# [Required action]
Return exactly the span of lines in the following data that opens with the line containing "The error code." and closes with the line containing "impl From<AllocError> for". Include nothing else.

# [Data under study]

_ _ _ _ _ _ _

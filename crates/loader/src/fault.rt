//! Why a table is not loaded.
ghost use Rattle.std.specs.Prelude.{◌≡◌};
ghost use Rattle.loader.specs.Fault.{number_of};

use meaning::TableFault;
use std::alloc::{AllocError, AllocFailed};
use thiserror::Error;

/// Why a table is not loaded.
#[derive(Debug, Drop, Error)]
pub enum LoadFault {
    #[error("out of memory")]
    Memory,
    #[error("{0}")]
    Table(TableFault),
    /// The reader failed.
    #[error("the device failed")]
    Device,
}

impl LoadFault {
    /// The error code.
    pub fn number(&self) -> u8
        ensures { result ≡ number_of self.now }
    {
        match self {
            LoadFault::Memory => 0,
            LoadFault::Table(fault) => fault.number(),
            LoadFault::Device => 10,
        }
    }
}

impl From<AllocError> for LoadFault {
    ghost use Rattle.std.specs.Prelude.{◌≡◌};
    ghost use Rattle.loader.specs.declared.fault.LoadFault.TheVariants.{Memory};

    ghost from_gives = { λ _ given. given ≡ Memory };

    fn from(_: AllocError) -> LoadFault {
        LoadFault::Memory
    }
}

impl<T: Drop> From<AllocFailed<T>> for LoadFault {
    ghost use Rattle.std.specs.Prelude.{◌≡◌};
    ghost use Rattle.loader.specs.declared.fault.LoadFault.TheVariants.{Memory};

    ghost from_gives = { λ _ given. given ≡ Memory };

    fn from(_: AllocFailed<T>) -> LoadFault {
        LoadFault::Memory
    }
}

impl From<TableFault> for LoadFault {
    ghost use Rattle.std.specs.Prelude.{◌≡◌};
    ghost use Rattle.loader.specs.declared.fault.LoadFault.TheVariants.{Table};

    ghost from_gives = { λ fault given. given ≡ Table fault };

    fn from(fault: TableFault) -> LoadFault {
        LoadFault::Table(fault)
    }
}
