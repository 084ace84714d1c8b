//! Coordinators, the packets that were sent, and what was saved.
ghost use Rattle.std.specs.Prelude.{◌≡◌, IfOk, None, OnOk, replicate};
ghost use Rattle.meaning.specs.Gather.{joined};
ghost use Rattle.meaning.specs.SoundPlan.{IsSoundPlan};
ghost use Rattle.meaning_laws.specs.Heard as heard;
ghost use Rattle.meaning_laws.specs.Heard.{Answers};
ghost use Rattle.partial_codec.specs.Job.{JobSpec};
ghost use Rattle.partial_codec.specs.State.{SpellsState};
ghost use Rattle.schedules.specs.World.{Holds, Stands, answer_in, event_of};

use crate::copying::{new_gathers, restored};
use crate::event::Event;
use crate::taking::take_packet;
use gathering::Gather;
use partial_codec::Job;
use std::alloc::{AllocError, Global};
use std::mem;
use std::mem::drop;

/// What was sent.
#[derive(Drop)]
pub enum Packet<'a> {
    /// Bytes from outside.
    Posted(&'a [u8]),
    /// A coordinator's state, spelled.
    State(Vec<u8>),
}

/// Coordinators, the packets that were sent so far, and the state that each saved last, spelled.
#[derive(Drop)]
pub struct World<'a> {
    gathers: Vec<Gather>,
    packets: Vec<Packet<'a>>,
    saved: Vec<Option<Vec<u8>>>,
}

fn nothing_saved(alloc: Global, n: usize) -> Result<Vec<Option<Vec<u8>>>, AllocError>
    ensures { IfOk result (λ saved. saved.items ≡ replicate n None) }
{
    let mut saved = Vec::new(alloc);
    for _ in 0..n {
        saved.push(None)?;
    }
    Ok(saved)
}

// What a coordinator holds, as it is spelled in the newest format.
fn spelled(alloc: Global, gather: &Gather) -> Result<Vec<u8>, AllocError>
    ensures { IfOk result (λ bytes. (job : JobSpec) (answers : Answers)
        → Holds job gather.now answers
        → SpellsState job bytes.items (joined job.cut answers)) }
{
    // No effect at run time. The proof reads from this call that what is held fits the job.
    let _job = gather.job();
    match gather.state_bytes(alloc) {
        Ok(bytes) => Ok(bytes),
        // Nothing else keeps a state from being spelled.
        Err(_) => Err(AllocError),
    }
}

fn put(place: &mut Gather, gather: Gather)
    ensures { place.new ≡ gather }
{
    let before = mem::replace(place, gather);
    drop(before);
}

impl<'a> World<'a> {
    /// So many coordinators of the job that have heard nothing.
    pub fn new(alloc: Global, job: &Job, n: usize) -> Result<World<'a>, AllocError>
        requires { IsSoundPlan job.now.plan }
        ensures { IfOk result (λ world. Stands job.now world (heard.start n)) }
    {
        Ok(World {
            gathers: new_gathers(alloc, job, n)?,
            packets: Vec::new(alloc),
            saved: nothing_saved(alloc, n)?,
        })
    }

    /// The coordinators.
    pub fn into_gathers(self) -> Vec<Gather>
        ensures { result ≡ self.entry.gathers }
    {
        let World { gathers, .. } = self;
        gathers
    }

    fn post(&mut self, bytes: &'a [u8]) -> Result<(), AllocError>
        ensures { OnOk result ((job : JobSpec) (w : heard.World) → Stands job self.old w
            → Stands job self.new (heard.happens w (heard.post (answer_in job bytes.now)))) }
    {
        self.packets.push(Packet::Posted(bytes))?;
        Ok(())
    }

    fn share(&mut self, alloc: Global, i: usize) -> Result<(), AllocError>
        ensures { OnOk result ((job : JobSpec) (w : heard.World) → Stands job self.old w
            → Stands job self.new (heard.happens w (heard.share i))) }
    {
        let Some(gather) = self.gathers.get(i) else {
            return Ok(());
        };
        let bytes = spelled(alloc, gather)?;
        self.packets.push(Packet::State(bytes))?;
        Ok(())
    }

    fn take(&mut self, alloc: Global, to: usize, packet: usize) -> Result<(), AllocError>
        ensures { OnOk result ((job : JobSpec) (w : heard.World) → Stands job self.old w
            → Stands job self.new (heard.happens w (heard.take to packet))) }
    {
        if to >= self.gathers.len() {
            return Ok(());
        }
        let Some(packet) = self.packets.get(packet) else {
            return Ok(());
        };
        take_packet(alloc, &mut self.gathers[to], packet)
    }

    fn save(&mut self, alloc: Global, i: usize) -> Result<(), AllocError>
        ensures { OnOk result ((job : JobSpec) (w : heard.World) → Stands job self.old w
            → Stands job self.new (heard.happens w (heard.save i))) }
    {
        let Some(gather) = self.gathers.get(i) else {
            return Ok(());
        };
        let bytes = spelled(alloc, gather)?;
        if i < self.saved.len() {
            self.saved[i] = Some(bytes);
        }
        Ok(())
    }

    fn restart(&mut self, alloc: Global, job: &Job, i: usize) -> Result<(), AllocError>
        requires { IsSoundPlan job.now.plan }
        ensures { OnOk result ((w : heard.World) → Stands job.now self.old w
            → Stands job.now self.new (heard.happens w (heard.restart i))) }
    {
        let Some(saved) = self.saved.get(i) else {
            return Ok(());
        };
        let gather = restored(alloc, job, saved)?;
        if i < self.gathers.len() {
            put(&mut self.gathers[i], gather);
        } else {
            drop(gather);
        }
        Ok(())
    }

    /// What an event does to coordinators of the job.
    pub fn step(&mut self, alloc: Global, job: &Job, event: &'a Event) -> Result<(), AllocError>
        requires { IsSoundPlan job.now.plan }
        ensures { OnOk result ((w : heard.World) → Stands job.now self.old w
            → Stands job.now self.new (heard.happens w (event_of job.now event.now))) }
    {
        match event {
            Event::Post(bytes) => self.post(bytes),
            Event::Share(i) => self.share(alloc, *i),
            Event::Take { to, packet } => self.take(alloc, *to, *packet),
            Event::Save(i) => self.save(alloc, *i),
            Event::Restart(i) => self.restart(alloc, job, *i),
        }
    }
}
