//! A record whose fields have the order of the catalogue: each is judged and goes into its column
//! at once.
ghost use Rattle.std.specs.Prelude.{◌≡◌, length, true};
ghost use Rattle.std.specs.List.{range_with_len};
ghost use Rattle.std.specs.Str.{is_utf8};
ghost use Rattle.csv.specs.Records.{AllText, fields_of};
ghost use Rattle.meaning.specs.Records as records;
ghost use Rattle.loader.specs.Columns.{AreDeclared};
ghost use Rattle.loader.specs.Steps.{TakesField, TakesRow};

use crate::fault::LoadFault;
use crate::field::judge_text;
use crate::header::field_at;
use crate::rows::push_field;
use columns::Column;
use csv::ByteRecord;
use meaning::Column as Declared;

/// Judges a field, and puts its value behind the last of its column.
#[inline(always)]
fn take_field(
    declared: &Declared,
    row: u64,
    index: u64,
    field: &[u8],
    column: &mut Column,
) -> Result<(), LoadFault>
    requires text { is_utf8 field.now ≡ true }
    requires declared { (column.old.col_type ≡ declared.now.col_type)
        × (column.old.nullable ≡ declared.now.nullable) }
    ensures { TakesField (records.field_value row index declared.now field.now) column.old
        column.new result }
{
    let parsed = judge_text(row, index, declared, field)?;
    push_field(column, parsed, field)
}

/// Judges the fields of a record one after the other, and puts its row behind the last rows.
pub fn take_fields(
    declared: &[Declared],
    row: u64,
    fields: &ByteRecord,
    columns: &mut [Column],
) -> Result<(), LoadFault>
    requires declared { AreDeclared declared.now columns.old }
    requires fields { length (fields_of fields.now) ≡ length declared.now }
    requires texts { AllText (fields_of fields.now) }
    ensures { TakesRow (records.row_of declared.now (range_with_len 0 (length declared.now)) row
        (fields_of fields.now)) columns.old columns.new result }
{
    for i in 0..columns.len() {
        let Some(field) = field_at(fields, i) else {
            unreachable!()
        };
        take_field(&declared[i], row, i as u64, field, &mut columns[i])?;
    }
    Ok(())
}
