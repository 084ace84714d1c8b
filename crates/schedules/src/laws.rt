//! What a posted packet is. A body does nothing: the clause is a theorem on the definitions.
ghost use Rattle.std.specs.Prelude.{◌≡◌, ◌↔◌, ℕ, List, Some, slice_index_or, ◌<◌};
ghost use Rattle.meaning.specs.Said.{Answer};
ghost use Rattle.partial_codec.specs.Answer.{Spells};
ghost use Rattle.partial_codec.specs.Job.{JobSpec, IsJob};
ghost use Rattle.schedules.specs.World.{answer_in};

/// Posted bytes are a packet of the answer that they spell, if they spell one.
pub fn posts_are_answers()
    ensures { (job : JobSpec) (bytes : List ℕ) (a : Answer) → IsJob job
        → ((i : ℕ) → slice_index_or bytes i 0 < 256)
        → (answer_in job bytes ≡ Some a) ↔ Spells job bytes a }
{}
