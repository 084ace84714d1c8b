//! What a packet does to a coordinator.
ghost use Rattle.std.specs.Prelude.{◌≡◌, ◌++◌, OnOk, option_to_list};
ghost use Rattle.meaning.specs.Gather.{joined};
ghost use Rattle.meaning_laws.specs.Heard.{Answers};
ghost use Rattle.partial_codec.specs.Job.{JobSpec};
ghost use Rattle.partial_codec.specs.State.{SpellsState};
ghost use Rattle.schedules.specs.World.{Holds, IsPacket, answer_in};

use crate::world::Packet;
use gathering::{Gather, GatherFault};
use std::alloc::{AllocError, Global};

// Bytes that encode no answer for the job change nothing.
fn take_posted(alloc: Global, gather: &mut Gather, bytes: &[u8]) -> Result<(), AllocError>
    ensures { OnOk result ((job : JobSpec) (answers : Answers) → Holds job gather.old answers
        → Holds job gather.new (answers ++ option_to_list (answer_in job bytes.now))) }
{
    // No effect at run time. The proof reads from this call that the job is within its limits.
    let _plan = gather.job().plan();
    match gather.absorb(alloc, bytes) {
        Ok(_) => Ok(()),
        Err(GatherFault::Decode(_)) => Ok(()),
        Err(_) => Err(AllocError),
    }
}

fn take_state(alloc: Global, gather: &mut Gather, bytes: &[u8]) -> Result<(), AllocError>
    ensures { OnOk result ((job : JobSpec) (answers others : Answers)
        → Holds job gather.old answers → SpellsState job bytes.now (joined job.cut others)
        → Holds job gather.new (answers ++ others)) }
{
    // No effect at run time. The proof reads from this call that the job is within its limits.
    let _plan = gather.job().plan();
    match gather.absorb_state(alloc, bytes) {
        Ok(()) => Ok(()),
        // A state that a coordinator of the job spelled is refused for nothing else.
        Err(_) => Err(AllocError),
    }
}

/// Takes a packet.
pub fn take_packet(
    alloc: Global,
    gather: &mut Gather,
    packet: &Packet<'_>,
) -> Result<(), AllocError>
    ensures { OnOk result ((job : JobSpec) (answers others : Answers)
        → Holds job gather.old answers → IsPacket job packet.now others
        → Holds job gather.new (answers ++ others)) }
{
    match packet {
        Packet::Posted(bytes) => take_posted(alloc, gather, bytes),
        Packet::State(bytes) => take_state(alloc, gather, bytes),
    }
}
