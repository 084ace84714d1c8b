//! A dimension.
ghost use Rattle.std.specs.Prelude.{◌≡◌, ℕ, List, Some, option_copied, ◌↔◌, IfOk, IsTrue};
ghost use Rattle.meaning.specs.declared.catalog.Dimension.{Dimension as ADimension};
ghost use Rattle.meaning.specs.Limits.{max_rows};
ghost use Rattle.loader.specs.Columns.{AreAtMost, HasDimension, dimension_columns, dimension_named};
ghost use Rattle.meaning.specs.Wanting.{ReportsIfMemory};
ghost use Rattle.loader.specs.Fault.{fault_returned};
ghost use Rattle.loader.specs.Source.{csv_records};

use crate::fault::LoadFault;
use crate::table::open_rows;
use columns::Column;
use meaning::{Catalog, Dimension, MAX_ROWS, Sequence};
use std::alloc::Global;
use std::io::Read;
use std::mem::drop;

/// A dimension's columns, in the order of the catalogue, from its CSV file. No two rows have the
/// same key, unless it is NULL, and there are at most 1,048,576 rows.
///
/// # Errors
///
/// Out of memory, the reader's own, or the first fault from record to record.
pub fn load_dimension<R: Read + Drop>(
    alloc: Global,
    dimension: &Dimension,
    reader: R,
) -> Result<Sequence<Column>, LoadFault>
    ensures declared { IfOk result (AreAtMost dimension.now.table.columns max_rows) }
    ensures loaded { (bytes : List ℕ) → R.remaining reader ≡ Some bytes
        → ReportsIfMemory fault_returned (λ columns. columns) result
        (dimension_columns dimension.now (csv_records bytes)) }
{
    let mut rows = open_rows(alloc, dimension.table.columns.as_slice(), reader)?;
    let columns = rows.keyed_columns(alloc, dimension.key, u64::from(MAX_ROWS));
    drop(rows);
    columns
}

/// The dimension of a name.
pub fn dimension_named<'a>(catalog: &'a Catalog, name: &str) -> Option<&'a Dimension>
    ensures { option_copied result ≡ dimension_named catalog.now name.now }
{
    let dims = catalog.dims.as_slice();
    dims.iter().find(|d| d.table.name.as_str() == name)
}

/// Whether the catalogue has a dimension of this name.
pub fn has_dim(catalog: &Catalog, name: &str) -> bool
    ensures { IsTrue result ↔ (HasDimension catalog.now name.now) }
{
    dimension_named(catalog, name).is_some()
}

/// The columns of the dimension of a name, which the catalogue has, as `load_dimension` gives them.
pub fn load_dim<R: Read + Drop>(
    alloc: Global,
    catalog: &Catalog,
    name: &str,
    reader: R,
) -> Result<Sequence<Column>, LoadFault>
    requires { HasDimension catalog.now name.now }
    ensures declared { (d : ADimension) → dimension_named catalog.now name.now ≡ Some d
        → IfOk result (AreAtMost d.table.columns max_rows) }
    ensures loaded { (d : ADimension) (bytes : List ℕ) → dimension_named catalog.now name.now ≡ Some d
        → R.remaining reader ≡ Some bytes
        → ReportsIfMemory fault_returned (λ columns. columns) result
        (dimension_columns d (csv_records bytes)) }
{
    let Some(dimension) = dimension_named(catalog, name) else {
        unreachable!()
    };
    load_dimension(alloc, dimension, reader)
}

_ _ _ _ _ _ _

# [Response box]
    /// The error code.
    pub fn number(&self) -> u8
        ensures { result ≡ number_of self.now }
    {
        match self {
            LoadFault::Memory => 0,
            LoadFault::Table(fault) => fault.number(),
            LoadFault::Device => 10,
        }
    }
}

impl From<AllocError> for LoadFault {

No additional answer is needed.